“Homelessness is a barometer of social justice that reflects a serious problem in our society, the remedy to which is within our grasp”, writes Rob Aldridge in The Lancet.
The number of people experiencing homelessness in the UK has dramatically increased since 2010, In the autumn of 2018, 4,677 people in England were estimated to be sleeping rough, a worrying increase from 1,768 in 2010. Although these numbers almost certainly underestimate the total number of people affected, the trends in these data are important and unsurprising, given that one in five bed spaces for single homeless people have been lost during the same period, a reduction from 43,655 in 2010 to 34,900 in 2018.
Rough sleeping is at the extreme and visible end of homelessness, and estimates of the total number of people affected by the UK’s housing crisis highlight an even larger problem. Data from 2019 suggest that around 250,000 households and 400,000 people are currently homeless or at risk of homelessness.
Homelessness can have fatal consequences. The UK Office for National Statistics (ONS) estimated that 726 people experiencing homelessness died in England and Wales in 2018. These figures represent a 22% year-to-year increase and are the highest since these estimates began in 2013. The ONS data suggest that most deaths among people who were homeless were caused by drug-related poisoning, suicide, and alcohol-specific deaths. Like estimates of the number of people who are sleeping rough, these data are likely to underestimate deaths, but the trend is important and provides a rare insight into the precarious health of this population.
Our recent study of deaths among people experiencing homelessness showed a different pattern of deaths to that of the ONS data. We examined the causes of death among people previously admitted to hospital and seen by specialist integrated homeless health and care schemes. Similar to the ONS data, we found high numbers of deaths caused by drug-related poisoning, suicide, and alcohol.
However, our study highlighted the importance of chronic and potentially preventable diseases, such as coronary heart disease, respiratory disease, and cancer. Crucially, after adjusting for age and sex, nearly one in three of the deaths among people who were homeless in our study were due to causes that are amenable to timely health care.
Collectively, this evidence demonstrates a public health emergency that we already know how to tackle—but have failed to do so. Most people experiencing homelessness had been admitted to hospital in acute health crisis. Their health needs represent a system failure to intervene early and prevent serious harms. Evidence from England, corroborated internationally, highlights multiple missed opportunities for timely intervention.
First, the unsafe discharging of patients who are homeless must be stopped. Safeguarding Adults Reviews into the deaths of people who are homeless have highlighted poor hospital discharge practices, including people being discharged back onto the street. Health-care professionals have a duty of care and should apply the same standards of quality and safety to all patients; for example, discharge should be delayed when it is not safe. Discharging a patient without them having somewhere safe to stay is a safeguarding issue.
Second, specialist integrated homeless health schemes are more effective and cost-effective than standard care. Despite large increases in homelessness and deaths among people who are homeless, many of these specialist schemes closed because of an absence of sustainable funding. The case for reinvesting in and scaling up these services nationally is clear.
Third, intermediate care facilities in the community can prevent serious illness and unplanned hospital admissions, saving lives and money. These services play a vital role in freeing up acute beds, while ensuring that people still get the help and support they need to manage long-term conditions and plan for their future. These services need to be widely accessible to both community and hospital health-care providers as part of specialist integrated homeless health schemes, and all of these services should be designed collaboratively to ensure they are accessible to, and meet the needs of, people experiencing homelessness.

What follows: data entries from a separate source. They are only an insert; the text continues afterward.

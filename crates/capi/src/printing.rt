//! What `seat` and `rehearse` print, in a caller's buffer.
ghost use Rattle.capi.specs.Printing.{Hands};
ghost use Rattle.listing.specs.Listing.{Lists};
ghost use Rattle.rehearsal.specs.Rehearsal.{Rehearses};

use crate::writing::write;
use listing::listing::listing;
use rehearsal::rehearse::rehearse;
use std::alloc::{AllocError, Global};

/// What a caller is told where memory is wanting.
const NO_MEMORY: i64 = i64::MIN;

/// Places the jobs of an input: what `seat` prints of it is written into the buffer.
#[unsafe(no_mangle)]
pub extern "C" fn pallurge_seat(heap: Global, input: &[u8], buffer: &mut [u8]) -> i64
    ensures { Hands (Lists input.now) buffer.old result buffer.new }
{
    match listing(heap, input) {
        Ok(lines) => write(lines.as_bytes(), buffer),
        Err(AllocError) => NO_MEMORY,
    }
}

/// Rehearses a belt cycle of the jobs of an input: what `rehearse` prints of it is written into the buffer.
#[unsafe(no_mangle)]
pub extern "C" fn pallurge_rehearse(heap: Global, input: &[u8], buffer: &mut [u8]) -> i64
    ensures { Hands (Rehearses input.now) buffer.old result buffer.new }
{
    match rehearse(heap, input) {
        Ok(report) => write(report.as_bytes(), buffer),
        Err(AllocError) => NO_MEMORY,
    }
}
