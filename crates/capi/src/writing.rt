//! Bytes that are written into a caller's buffer.
ghost use Rattle.capi.specs.Writing.{Writes};

/// Writes bytes into the first bytes of a buffer and tells how many they are, or, if they do not fit, how many are needed, as a negative number.
pub(crate) fn write(bytes: &[u8], buffer: &mut [u8]) -> i64
    ensures { Writes bytes.now buffer.old result buffer.new }
{
    let length = bytes.len() as i64;
    if buffer.len() < bytes.len() {
        return -length;
    }
    buffer[..bytes.len()].copy_from_slice(bytes);
    length
}
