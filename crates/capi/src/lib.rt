//! What the programs print, for callers in C: functions on bytes that share no state.
#![tactic(auto)]

pub mod printing;
mod writing;
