//! Worked examples of extra dimensions, proved by computing them: the functions have no code, and each clause of their contracts
//! is one example.

ghost use Rattle.std.specs.Prelude.{◌≡◌, ◌∷◌, [], codes, map, pos, negsuc, Some, None};
ghost use Rattle.extra_bytes.specs.Asked.{asked_fault, asked_fields, asked_of};
ghost use Rattle.extra_bytes.specs.Descriptors.{fields_of};
ghost use Rattle.extra_bytes.specs.Written.{descriptor_bytes};
ghost use Rattle.extra_bytes.specs.Values.{extra_read, extra_written};
ghost use Rattle.extra_bytes.specs.Rows.{parts_of, hundredths, tenths, hundredths_descriptor, tenths_descriptor, float_and_hundredths, high_record, low_record, empty_record, high_tenths, low_tenths};
ghost use Rattle.extra_bytes.specs.Rows.{but_width, fine, height_asked, three_names, width_asked};
ghost use Rattle.option_texts.specs.declared.extra_dims.ExtraDims.TheVariants.{All};
ghost use Rattle.stage_names.specs.declared.faults.PipeFault.TheVariants.{DimUnknown};

/// A descriptor of 32 bits in steps of 0.01 is a field, where it ends within the record, and none where the record is a byte
/// shorter. A float in front of it is stepped over.
pub fn descriptors_are_fields()
    ensures whole { map parts_of (fields_of hundredths_descriptor 20 24) ≡ parts_of (hundredths 20) ∷ [] }
    ensures short { map parts_of (fields_of hundredths_descriptor 20 23) ≡ [] }
    ensures stepped_over { map parts_of (fields_of float_and_hundredths 20 28)
        ≡ parts_of (hundredths 24) ∷ [] }
{}

/// Raw numbers 250 and -1 are 2.50 and -0.01. In 16 bits and steps of 0.1 they are written as 25 and 0, and 10000 isn't written.
pub fn values_are_bytes()
    ensures high { extra_read (hundredths 20) high_record ≡ Some (pos 2_500_000_000) }
    ensures low { extra_read (hundredths 20) low_record ≡ Some (negsuc 9_999_999) }
    ensures high_tenths { extra_written tenths (pos 2_500_000_000) empty_record ≡ Some high_tenths }
    ensures low_tenths { extra_written tenths (negsuc 9_999_999) empty_record ≡ Some low_tenths }
    ensures refused { extra_written tenths (pos 10_000_000_000_000) empty_record ≡ None }
    ensures descriptor { descriptor_bytes tenths ≡ tenths_descriptor }
{}

/// Asked for 16 bits with one place, `Height` is the field of 16 bits in steps of 0.1, whatever the case of its letters. A name that
/// the layout doesn't hold is unknown. All are those that it holds, one right behind the other.
pub fn asked_are_fields()
    ensures one { map parts_of (asked_fields three_names 20 (height_asked ∷ []))
        ≡ record (parts_of tenths) { name = codes "HEIGHT" } ∷ [] }
    ensures known { asked_fault 1 but_width three_names (height_asked ∷ []) ≡ None }
    ensures unknown { asked_fault 1 but_width three_names (height_asked ∷ width_asked ∷ [])
        ≡ Some (DimUnknown 1 (codes "Width")) }
    ensures all { map parts_of (asked_fields three_names 20 (asked_of but_width three_names All))
        ≡ fine (codes "Height") 0 20 ∷ fine (codes "Depth") 2 28 ∷ [] }
{}
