//! Writes the values of extra dimensions.

ghost use Rattle.std.specs.Prelude.{◌≡◌, ◌+◌, ◌*◌, ◌/◌, ◌^◌, ◌<◌, ◌≤◌, ◌-ℤ◌, unsigned_abs, length, true, Some, None, OnOk, OnErr};
ghost use Rattle.cloud_points.specs.ExtraFields.{kind_size};
ghost use Rattle.exact_numbers.specs.Rounding.{signed_as};
ghost use Rattle.extra_bytes.specs.Values.{LiesIn, is_raw, raw_bytes, raw_of, with_piece, extra_written};

use cloud_points::{ExtraField, ExtraKind, OutOfRange};
use decimal_coords::Scale;

/// A quotient rounded to a whole number, a half upwards. It stays in 64 bits, where dividing is fast.
#[inline]
fn rounded(size: u64, unit: u64) -> u64
    requires low { 1 ≤ unit }
    requires high { unit ≤ 10 ^ 9 }
    ensures { result ≡ (2 * size + unit) / (2 * unit) }
{
    let whole = size / unit;
    if 2 * (size % unit) < unit {
        whole
    } else {
        whole + 1
    }
}

/// How far a value is from an offset.
#[inline]
fn distance_of(nano: i64, offset: i64) -> i128
    ensures value { result ≡ (nano -ℤ offset) }
    ensures small { unsigned_abs result < 2 ^ 64 }
{
    nano as i128 - offset as i128
}

/// The size of a distance.
#[inline]
fn size_of_distance(distance: i128) -> u64
    requires { unsigned_abs distance < 2 ^ 64 }
    ensures { result ≡ unsigned_abs distance }
{
    distance.unsigned_abs() as u64
}

/// The nanounits of a step.
#[inline]
fn unit_of(scale: Scale) -> u64
    ensures value { result ≡ unsigned_abs scale.nano }
    ensures low { 1 ≤ result }
    ensures high { result ≤ 10 ^ 9 }
{
    scale.nano() as u64
}

/// A size with the sign of a distance.
#[inline]
fn signed(distance: i128, size: u64) -> i128
    ensures { result ≡ signed_as distance size }
{
    if distance < 0 {
        -(size as i128)
    } else {
        size as i128
    }
}

/// The raw number of a field whose value is nearest, a half away from zero.
#[inline]
fn raw_of(f: &ExtraField, nano: i64) -> i128
    ensures { result ≡ raw_of f.now nano }
{
    let distance = distance_of(nano, f.offset);
    let size = size_of_distance(distance);
    let unit = unit_of(f.scale);
    let steps = rounded(size, unit);
    signed(distance, steps)
}

/// Whether a number is one of a kind.
#[inline]
fn is_raw(kind: ExtraKind, number: i128) -> bool
    ensures { result ≡ is_raw kind number }
{
    match kind {
        ExtraKind::U8 => 0 <= number && number <= 255,
        ExtraKind::I8 => -128 <= number && number <= 127,
        ExtraKind::U16 => 0 <= number && number <= 65_535,
        ExtraKind::I16 => -32_768 <= number && number <= 32_767,
        ExtraKind::U32 => 0 <= number && number <= 4_294_967_295,
        ExtraKind::I32 => -2_147_483_648 <= number && number <= 2_147_483_647,
        ExtraKind::U64 => 0 <= number && number <= 18_446_744_073_709_551_615,
        ExtraKind::I64 => {
            -9_223_372_036_854_775_808 <= number && number <= 9_223_372_036_854_775_807
        }
    }
}

/// Puts bytes at a place.
#[inline]
fn put_piece(bytes: &mut [u8], at: usize, piece: &[u8])
    requires { at + length piece.now ≤ length bytes.old }
    ensures { bytes.new ≡ with_piece at piece.now bytes.old }
{
    bytes[at..at + piece.len()].copy_from_slice(piece);
}

/// Puts the raw number of a kind at a place.
#[inline]
fn put_raw(kind: ExtraKind, number: i128, at: usize, bytes: &mut [u8])
    requires room { at + kind_size kind ≤ length bytes.old }
    requires fits { is_raw kind number ≡ true }
    ensures { bytes.new ≡ with_piece at (raw_bytes kind number) bytes.old }
{
    match kind {
        ExtraKind::U8 => put_piece(bytes, at, &(number as u8).to_le_bytes()),
        ExtraKind::I8 => put_piece(bytes, at, &(number as i8).to_le_bytes()),
        ExtraKind::U16 => put_piece(bytes, at, &(number as u16).to_le_bytes()),
        ExtraKind::I16 => put_piece(bytes, at, &(number as i16).to_le_bytes()),
        ExtraKind::U32 => put_piece(bytes, at, &(number as u32).to_le_bytes()),
        ExtraKind::I32 => put_piece(bytes, at, &(number as i32).to_le_bytes()),
        ExtraKind::U64 => put_piece(bytes, at, &(number as u64).to_le_bytes()),
        ExtraKind::I64 => put_piece(bytes, at, &(number as i64).to_le_bytes()),
    }
}

/// Puts the value of a field into a record, given in nanounits: the raw number of steps from its offset that is nearest, a
/// half away from zero. The other bytes stay.
///
/// It is refused exactly where that number leaves the field's kind, and the record is then as it was.
#[inline]
#[tactic(auto, unfolding(crate::specs::Values::extra_written))]
pub fn put_extra(f: &ExtraField, nano: i64, bytes: &mut [u8]) -> Result<(), OutOfRange>
    requires { LiesIn f.now bytes.old }
    ensures ok { OnOk result (extra_written f.now nano bytes.old ≡ Some bytes.new) }
    ensures refused { OnErr result (extra_written f.now nano bytes.old ≡ None) }
    ensures unchanged { OnErr result (bytes.new ≡ bytes.old) }
{
    let number = raw_of(f, nano);
    if !is_raw(f.kind, number) {
        return Err(OutOfRange);
    }
    put_raw(f.kind, number, f.at, bytes);
    Ok(())
}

Fourth, we need to move away from emergency hostels and unaffordable or unsustainable private lettings to adopt a full housing-first approach to homelessness. People who become homeless should have rapid access to permanent housing with ongoing health and social care support that recognises the complex needs of individuals who have experienced long periods of severe adversity. This approach to housing should be accompanied by a large increase in social housing to reduce the number of people at risk of homelessness.
Finally, we must tackle the political determinants of homelessness, including child poverty, poor education and employment opportunities, criminalisation, invisibility, and stigma. Everyone has a right to dignity and respect. Homelessness is a barometer of social justice that reflects a serious problem in our society, the remedy to which is within our grasp.